The apparatus for carrying out the invention will include a standard fermenter or cascade of fermentors in series or parallel operating in batch, fed-batch or continuous mode, which receives fermentation broth that includes a carbon source and microorganisms which are maintained at conventional fermentation temperatures in the production of ethanol from nutrient broths and microorganisms.

The broth will be a water solution of glucose, other monomeric and oligomeric sugars, enzymes, unconverted polymeric carbohydrates and their derivatives and degradation products, lignin, and its derivatives and degradation products, nutrients, metabolic products including ethanol and cells of the fermentative microorganism.

The broth containing ethanol is led to a distillation column where ethanol is removed by evaporation, or to an extraction column for solvent extraction and then removal by evaporation or ethanol is recovered using membranes.
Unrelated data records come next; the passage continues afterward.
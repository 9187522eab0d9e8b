//! The checkpoints of a run: where its sessions stand, kept in a file beside its configuration, from which the same command goes on if it was ended.

use crate::files::{unreadable, unwritable};
use crate::held::{LockableFiles, Mark};
use crate::output::{Outputs, PERMISSIONS};
use crate::patient::PatientError;
use crate::refused::PathLine;
use cpm_checkpoint::{Checkpoint, CheckpointError};
use cpm_host::{HostError, Task, shown};
use std::io::{ErrorKind, Read, Write};
use std::{fs, io};

/// All bytes of a file that was written before, which may have more than other files that are read. It is refused where it is none, as a pipe that nobody
/// writes, or a device that has no end.
fn kept_bytes(rt: &impl LockableFiles, name: &str) -> io::Result<Vec<u8>> {
    let found = fs::metadata(rt, name)?;
    if !found.is_file() {
        return Err(io::Error::new(
            ErrorKind::InvalidInput,
            "it is no file but a device, a pipe or a folder",
        ));
    }
    let mut bytes = Vec::new(rt.alloc());
    let mut file = fs::open(rt, name)?;
    file.take(found.len()).read_to_end(&mut bytes)?;
    Ok(bytes)
}

/// The file of a run's checkpoints.
#[derive(Drop)]
pub struct CheckpointFile {
    name: String,
    /// After how many steps of all sessions together one is kept.
    every: u64,
    outputs: Outputs,
    /// How many steps there were when the last one was kept, and how many there are.
    last: u64,
    done: u64,
    /// What the file was when it was read or written last.
    mark: Option<Mark>,
    /// Whether one couldn't be written.
    has_failed: bool,
}

impl CheckpointFile {
    /// That of a task, if it keeps checkpoints. It is refused where the file can't be written.
    pub fn of(
        rt: &impl LockableFiles,
        outputs: Outputs,
        task: &Task<'_>,
    ) -> Result<Option<CheckpointFile>, HostError> {
        let (config, every) = match task {
            Task::Run(task) => match task.checkpoint {
                Some(every) => (task.config, every),
                None => return Ok(None),
            },
            _ => return Ok(None),
        };
        let name = format!(in rt.alloc(); "{config}.checkpoint")?;
        if let Err(reason) = outputs.check(rt, name.as_str()) {
            return Err(unwritable(name.as_str(), reason));
        }
        Ok(Some(CheckpointFile {
            name,
            every,
            outputs,
            last: 0,
            done: 0,
            mark: None,
            has_failed: false,
        }))
    }

    /// The checkpoint in the file, if it is there. It is refused where the file has something else.
    pub fn load(&mut self, rt: &impl LockableFiles) -> Result<Option<Checkpoint>, HostError> {
        let bytes = match kept_bytes(rt, self.name.as_str()) {
            Ok(bytes) => bytes,
            Err(reason) if reason.kind() == ErrorKind::NotFound => return Ok(None),
            Err(reason) => return Err(unreadable(self.name.as_str(), reason)),
        };
        match Checkpoint::read(rt.alloc(), bytes.as_slice()) {
            Ok(checkpoint) => {
                self.mark = Mark::at(rt, self.name.as_str()).ok();
                Ok(Some(checkpoint))
            }
            Err(CheckpointError::Damaged { .. }) => Err(HostError::FileUnreadable {
                name: shown(self.name.as_str()),
                reason: io::Error::new(
                    ErrorKind::InvalidData,
                    "it is no checkpoint of a run, or a damaged one; move it away",
                ),
            }),
            Err(CheckpointError::OutOfMemory) => Err(HostError::OutOfMemory),
        }
    }

    /// Sessions begin that are kept.
    pub fn begin(&mut self) {
        self.last = 0;
        self.done = 0;
    }

    /// They have executed so many steps.
    pub fn see(&mut self, done: u64) {
        self.done = done;
    }

    /// Whether one is to be kept now.
    pub fn is_due(&self) -> bool {
        self.done.saturating_sub(self.last) >= self.every
    }

    /// Keeps one, whole, in place of that before. Why it can't is told the first time.
    pub fn keep(&mut self, rt: &impl LockableFiles, bytes: &[u8]) {
        self.last = self.done;
        match self.try_write(rt, bytes) {
            Ok(()) => {
                self.mark = Mark::at(rt, self.name.as_str()).ok();
                self.has_failed = false;
            }
            Err(reason) if !self.has_failed => {
                self.has_failed = true;
                let path = PathLine(self.name.as_str());
                let _ = eprintln!(PatientError::new(rt);
                    "cpmhost: can't keep where the sessions stand in '{path}': {reason}"
                );
            }
            Err(_) => {}
        }
    }

    /// Tells whether a run goes on from the checkpoint in the file, which may be another's.
    pub fn tell_kept(&self, rt: &impl LockableFiles, goes_on: bool) {
        let path = PathLine(self.name.as_str());
        let _ = if goes_on {
            eprintln!(PatientError::new(rt); "cpmhost: goes on from '{path}'")
        } else {
            eprintln!(PatientError::new(rt);
                "cpmhost: '{path}' is of another run, so this one begins anew"
            )
        };
    }

    fn try_write(&self, rt: &impl LockableFiles, bytes: &[u8]) -> io::Result<()> {
        let made = self
            .outputs
            .make(rt, self.name.as_str(), PERMISSIONS, bytes)?;
        let Some(beside) = made else {
            return Ok(());
        };
        let named = beside.take_name(rt);
        if named.is_err() {
            let _ = beside.remove(rt);
        }
        named
    }

    /// Takes the file away, if it is still what it was when it was read or written last.
    pub fn remove(&self, rt: &impl LockableFiles) {
        if let Some(mark) = self.mark
            && let Ok(found) = Mark::at(rt, self.name.as_str())
            && found == mark
        {
            let _ = fs::remove_file(rt, self.name.as_str());
        }
    }
}

/// The checkpoint from which a run goes on, if it keeps any and there is one.
pub fn load_if_any(
    rt: &impl LockableFiles,
    checkpoints: &mut Option<CheckpointFile>,
) -> Result<Option<Checkpoint>, HostError> {
    match checkpoints {
        Some(file) => file.load(rt),
        None => Ok(None),
    }
}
By virtue of the improved method for converting Hgnocellulosic biomass-to-ethanol of the present invention, exogenous addition of nutrients to the fermenters of the process are either minimized or eliminated.

While the invention has been described with respect to certain preferred embodiments, it will be obvious to those skilled in the art that equivalent alterations and modifications will occur upon reading and

understanding the specification, however, the application will include such equivalent alterations and modifications, and is limited only by the scope of the appended claims.